Your goal: Reproduce every record exactly.

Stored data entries
__________________________________________________

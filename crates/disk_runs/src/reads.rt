ghost use Rattle.std.specs.Prelude.{◌≡◌, ◌+◌, ◌^◌, ◌<◌, ◌≤◌, ◌++◌, ◌&&◌, [], IfErr, IsTrue, OnOk};
ghost use Rattle.std.specs.Prelude.{Some, length, nat_lt, vec_capacity, vec_len};
ghost use Rattle.disk_files.specs.Reply.{block_lines};
ghost use Rattle.disk_files.specs.declared.trace_line.TraceLine.TheVariants.{Read};
ghost use Rattle.zone_translator.specs.Flat.{blocks_from, read};
ghost use Rattle.zone_translator.specs.Keeping.{KeepsServed};
ghost use Rattle.zone_translator.specs.View.{StaysAlike, disk_array, disk_size, flat_of};
ghost use Rattle.zone_translator.specs.declared.status.DiskStatus.TheVariants.{Serving};
ghost use Rattle.disk_runs.specs.declared.fault.RunFault.TheVariants.{Memory};
ghost use Rattle.disk_runs.specs.AnyDevice.{HasForm, PutsLines};
ghost use Rattle.disk_runs.specs.FlatLines.{IsFull, IsOfDisk, RepliesTo, RequestStops, single};
ghost use Rattle.disk_runs.specs.Trace.{EndCause, HasCause, ReadsFew};

use crate::fault::RunFault;
use crate::requests::SHORT_REPLY;
use disk_files::{block_line, ok_reply, out_of_range_reply};
use drive_port::Device;
use zone_translator::AnyDisk;

/// Whether a call of these blocks goes past the end of a disk. One of no block does not.
fn is_past_end(size: u64, first: u64, blocks: u64) -> bool
    ensures { result ≡ (nat_lt 0 blocks && nat_lt size (first + blocks)) }
{
    blocks > 0 && (blocks > size || first > size - blocks)
}

/// Puts the lines of blocks after what `reply` holds. Each block is read when its line is made, so that no
/// more than one is held.
fn show_blocks<D: Device + Drop>(
    disk: &mut AnyDisk<D>,
    first: u64,
    blocks: u64,
    block: &mut Vec<u8>,
    reply: &mut Vec<u8>,
) -> Result<(), RunFault>
    // The blocks are in range, and their numbers fit in 64 bits. While the disk serves, the array has its size.
    requires in_range { 0 < blocks → first + blocks ≤ disk_size disk.old }
    requires array { IsTrue disk.old.drive.clean → disk.old.status ≡ Serving
        → length (disk_array disk.old) ≡ disk_size disk.old }
    requires small { first + blocks ≤ 2 ^ 64 }
    // While the drive is clean: done, the reply has the lines of these blocks too, and the flat disk is the same.
    ensures ok { IsTrue disk.new.drive.clean → OnOk result
        ((flat_of disk.new ≡ flat_of disk.old) × (0 < blocks → disk.old.status ≡ Serving)
        × (reply.new.items
        ≡ reply.old.items ++ block_lines first (blocks_from (disk_array disk.old) first blocks))) }
    // A refusal is a flat disk's too, and has its cause. For `Memory`, the reply has no room for a block's line.
    ensures err { IsTrue disk.new.drive.clean → IfErr result
        (λ fault. RequestStops (flat_of disk.old) (Some (single (read first blocks)))
        fault (flat_of disk.new)) }
    ensures cause { IsTrue disk.new.drive.clean → IfErr result (HasCause (EndCause disk.new)) }
    ensures full { IfErr result (λ fault. fault ≡ Memory →
        IsFull (vec_capacity reply.new) (vec_len reply.new) (vec_len block.new)) }
    ensures kind { IfErr result IsOfDisk }
    // While it is clean, done or refused, a drive that could be mounted still can be, and what is durable is the same.
    ensures keeps { IsTrue disk.new.drive.clean → KeepsServed disk.old disk.new }
    ensures durable { IsTrue disk.new.drive.clean → disk.new.drive.durable ≡ disk.old.drive.durable }
    // Whatever the Reads returned, shape and size stay, and a block takes one command at most. Done, the reply has a
    // line for each block, and each of them is whole.
    ensures alike { StaysAlike disk.old disk.new }
    ensures costs { ReadsFew blocks disk.old disk.new }
    ensures form { OnOk result (PutsLines disk.old.drive.geometry.block first blocks reply.old.items reply.new.items) }
{
    for i in 0..blocks {
        if let Err(fault) = disk.read(first + i, 1, block) {
            return Err(RunFault::Disk(fault));
        }
        block_line(first + i, block, reply)?;
    }
    Ok(())
}

/// The bytes of the reply `ok`, with its line feed.
const OK_REPLY: usize = 3;

/// Reads blocks, and puts the reply into `reply`, which is empty and has room for a short one.
pub(crate) fn read_blocks<D: Device + Drop>(
    disk: &mut AnyDisk<D>,
    first: u64,
    blocks: u64,
    block: &mut Vec<u8>,
    reply: &mut Vec<u8>,
) -> Result<(), RunFault>
    requires empty { reply.old.items ≡ [] }
    requires room { SHORT_REPLY ≤ vec_capacity reply.old }
    // While the drive is clean: done, the reply is a flat disk's.
    ensures ok { IsTrue disk.new.drive.clean → OnOk result (RepliesTo (flat_of disk.old) (single (read first blocks))
        reply.new.items (flat_of disk.new)) }
    // A refusal is a flat disk's too, and has its cause. For `Memory`, the reply has no room for a block's line.
    ensures err { IsTrue disk.new.drive.clean → IfErr result
        (λ fault. RequestStops (flat_of disk.old) (Some (single (read first blocks)))
        fault (flat_of disk.new)) }
    ensures cause { IsTrue disk.new.drive.clean → IfErr result (HasCause (EndCause disk.new)) }
    ensures full { IfErr result (λ fault. fault ≡ Memory →
        IsFull (vec_capacity reply.new) (vec_len reply.new) (vec_len block.new)) }
    ensures kind { IfErr result IsOfDisk }
    // While it is clean, done or refused, a drive that could be mounted still can be, and what is durable is the same.
    ensures keeps { IsTrue disk.new.drive.clean → KeepsServed disk.old disk.new }
    ensures durable { IsTrue disk.new.drive.clean → disk.new.drive.durable ≡ disk.old.drive.durable }
    // Whatever the Reads returned, shape and size stay, and a block takes one command at most. Done, the reply has its
    // form.
    ensures alike { StaysAlike disk.old disk.new }
    ensures costs { ReadsFew blocks disk.old disk.new }
    ensures form { OnOk result (HasForm disk.old.drive.geometry.block (Read first blocks) reply.new.items) }
    ensures few { ReadsFew (disk_size disk.old) disk.old disk.new }
{
    if is_past_end(disk.blocks(), first, blocks) {
        out_of_range_reply(reply).unwrap();
        return Ok(());
    }
    show_blocks(disk, first, blocks, block, reply)?;
    reply.reserve(OK_REPLY)?;
    ok_reply(reply).unwrap();
    Ok(())
}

__________________________________________________

Task answer:
filename crates/disk_runs/src/reads.rt
ghost use Rattle.std.specs.Prelude.{◌≡◌, ◌+◌, ◌^◌, ◌<◌, ◌≤◌, ◌++◌, ◌&&◌, [], IfErr, IsTrue, OnOk};
ghost use Rattle.std.specs.Prelude.{Some, length, nat_lt, vec_capacity, vec_len};
ghost use Rattle.disk_files.specs.Reply.{block_lines};
ghost use Rattle.disk_files.specs.declared.trace_line.TraceLine.TheVariants.{Read};
ghost use Rattle.zone_translator.specs.Flat.{blocks_from, read};
ghost use Rattle.zone_translator.specs.Keeping.{KeepsServed};
ghost use Rattle.zone_translator.specs.View.{StaysAlike, disk_array, disk_size, flat_of};
ghost use Rattle.zone_translator.specs.declared.status.DiskStatus.TheVariants.{Serving};
ghost use Rattle.disk_runs.specs.declared.fault.RunFault.TheVariants.{Memory};
ghost use Rattle.disk_runs.specs.AnyDevice.{HasForm, PutsLines};
ghost use Rattle.disk_runs.specs.FlatLines.{IsFull, IsOfDisk, RepliesTo, RequestStops, single};
ghost use Rattle.disk_runs.specs.Trace.{EndCause, HasCause, ReadsFew};

use crate::fault::RunFault;
use crate::requests::SHORT_REPLY;
use disk_files::{block_line, ok_reply, out_of_range_reply};
use drive_port::Device;
use zone_translator::AnyDisk;

/// Whether a call of these blocks goes past the end of a disk. One of no block does not.
fn is_past_end(size: u64, first: u64, blocks: u64) -> bool
    ensures { result ≡ (nat_lt 0 blocks && nat_lt size (first + blocks)) }
{
    blocks > 0 && (blocks > size || first > size - blocks)
}

/// Puts the lines of blocks after what `reply` holds. Each block is read when its line is made, so that no
/// more than one is held.
fn show_blocks<D: Device + Drop>(
    disk: &mut AnyDisk<D>,
    first: u64,
    blocks: u64,
    block: &mut Vec<u8>,
    reply: &mut Vec<u8>,
) -> Result<(), RunFault>
    // The blocks are in range, and their numbers fit in 64 bits. While the disk serves, the array has its size.
    requires in_range { 0 < blocks → first + blocks ≤ disk_size disk.old }
    requires array { IsTrue disk.old.drive.clean → disk.old.status ≡ Serving
        → length (disk_array disk.old) ≡ disk_size disk.old }
    requires small { first + blocks ≤ 2 ^ 64 }
    // While the drive is clean: done, the reply has the lines of these blocks too, and the flat disk is the same.
    ensures ok { IsTrue disk.new.drive.clean → OnOk result
        ((flat_of disk.new ≡ flat_of disk.old) × (0 < blocks → disk.old.status ≡ Serving)
        × (reply.new.items
        ≡ reply.old.items ++ block_lines first (blocks_from (disk_array disk.old) first blocks))) }
    // A refusal is a flat disk's too, and has its cause. For `Memory`, the reply has no room for a block's line.
    ensures err { IsTrue disk.new.drive.clean → IfErr result
        (λ fault. RequestStops (flat_of disk.old) (Some (single (read first blocks)))
        fault (flat_of disk.new)) }
    ensures cause { IsTrue disk.new.drive.clean → IfErr result (HasCause (EndCause disk.new)) }
    ensures full { IfErr result (λ fault. fault ≡ Memory →
        IsFull (vec_capacity reply.new) (vec_len reply.new) (vec_len block.new)) }
    ensures kind { IfErr result IsOfDisk }
    // While it is clean, done or refused, a drive that could be mounted still can be, and what is durable is the same.
    ensures keeps { IsTrue disk.new.drive.clean → KeepsServed disk.old disk.new }
    ensures durable { IsTrue disk.new.drive.clean → disk.new.drive.durable ≡ disk.old.drive.durable }
    // Whatever the Reads returned, shape and size stay, and a block takes one command at most. Done, the reply has a
    // line for each block, and each of them is whole.
    ensures alike { StaysAlike disk.old disk.new }
    ensures costs { ReadsFew blocks disk.old disk.new }
    ensures form { OnOk result (PutsLines disk.old.drive.geometry.block first blocks reply.old.items reply.new.items) }
{
    for i in 0..blocks {
        if let Err(fault) = disk.read(first + i, 1, block) {
            return Err(RunFault::Disk(fault));
        }
        block_line(first + i, block, reply)?;
    }
    Ok(())
}

/// The bytes of the reply `ok`, with its line feed.
const OK_REPLY: usize = 3;

/// Reads blocks, and puts the reply into `reply`, which is empty and has room for a short one.
pub(crate) fn read_blocks<D: Device + Drop>(
    disk: &mut AnyDisk<D>,
    first: u64,
    blocks: u64,
    block: &mut Vec<u8>,
    reply: &mut Vec<u8>,
) -> Result<(), RunFault>
    requires empty { reply.old.items ≡ [] }
    requires room { SHORT_REPLY ≤ vec_capacity reply.old }
    // While the drive is clean: done, the reply is a flat disk's.
    ensures ok { IsTrue disk.new.drive.clean → OnOk result (RepliesTo (flat_of disk.old) (single (read first blocks))
        reply.new.items (flat_of disk.new)) }
    // A refusal is a flat disk's too, and has its cause. For `Memory`, the reply has no room for a block's line.
    ensures err { IsTrue disk.new.drive.clean → IfErr result
        (λ fault. RequestStops (flat_of disk.old) (Some (single (read first blocks)))
        fault (flat_of disk.new)) }
    ensures cause { IsTrue disk.new.drive.clean → IfErr result (HasCause (EndCause disk.new)) }
    ensures full { IfErr result (λ fault. fault ≡ Memory →
        IsFull (vec_capacity reply.new) (vec_len reply.new) (vec_len block.new)) }
    ensures kind { IfErr result IsOfDisk }
    // While it is clean, done or refused, a drive that could be mounted still can be, and what is durable is the same.
    ensures keeps { IsTrue disk.new.drive.clean → KeepsServed disk.old disk.new }
    ensures durable { IsTrue disk.new.drive.clean → disk.new.drive.durable ≡ disk.old.drive.durable }
    // Whatever the Reads returned, shape and size stay, and a block takes one command at most. Done, the reply has its
    // form.
    ensures alike { StaysAlike disk.old disk.new }
    ensures costs { ReadsFew blocks disk.old disk.new }
    ensures form { OnOk result (HasForm disk.old.drive.geometry.block (Read first blocks) reply.new.items) }
    ensures few { ReadsFew (disk_size disk.old) disk.old disk.new }
{
    if is_past_end(disk.blocks(), first, blocks) {
        out_of_range_reply(reply).unwrap();
        return Ok(());
    }
    show_blocks(disk, first, blocks, block, reply)?;
    reply.reserve(OK_REPLY)?;
    ok_reply(reply).unwrap();
    Ok(())
}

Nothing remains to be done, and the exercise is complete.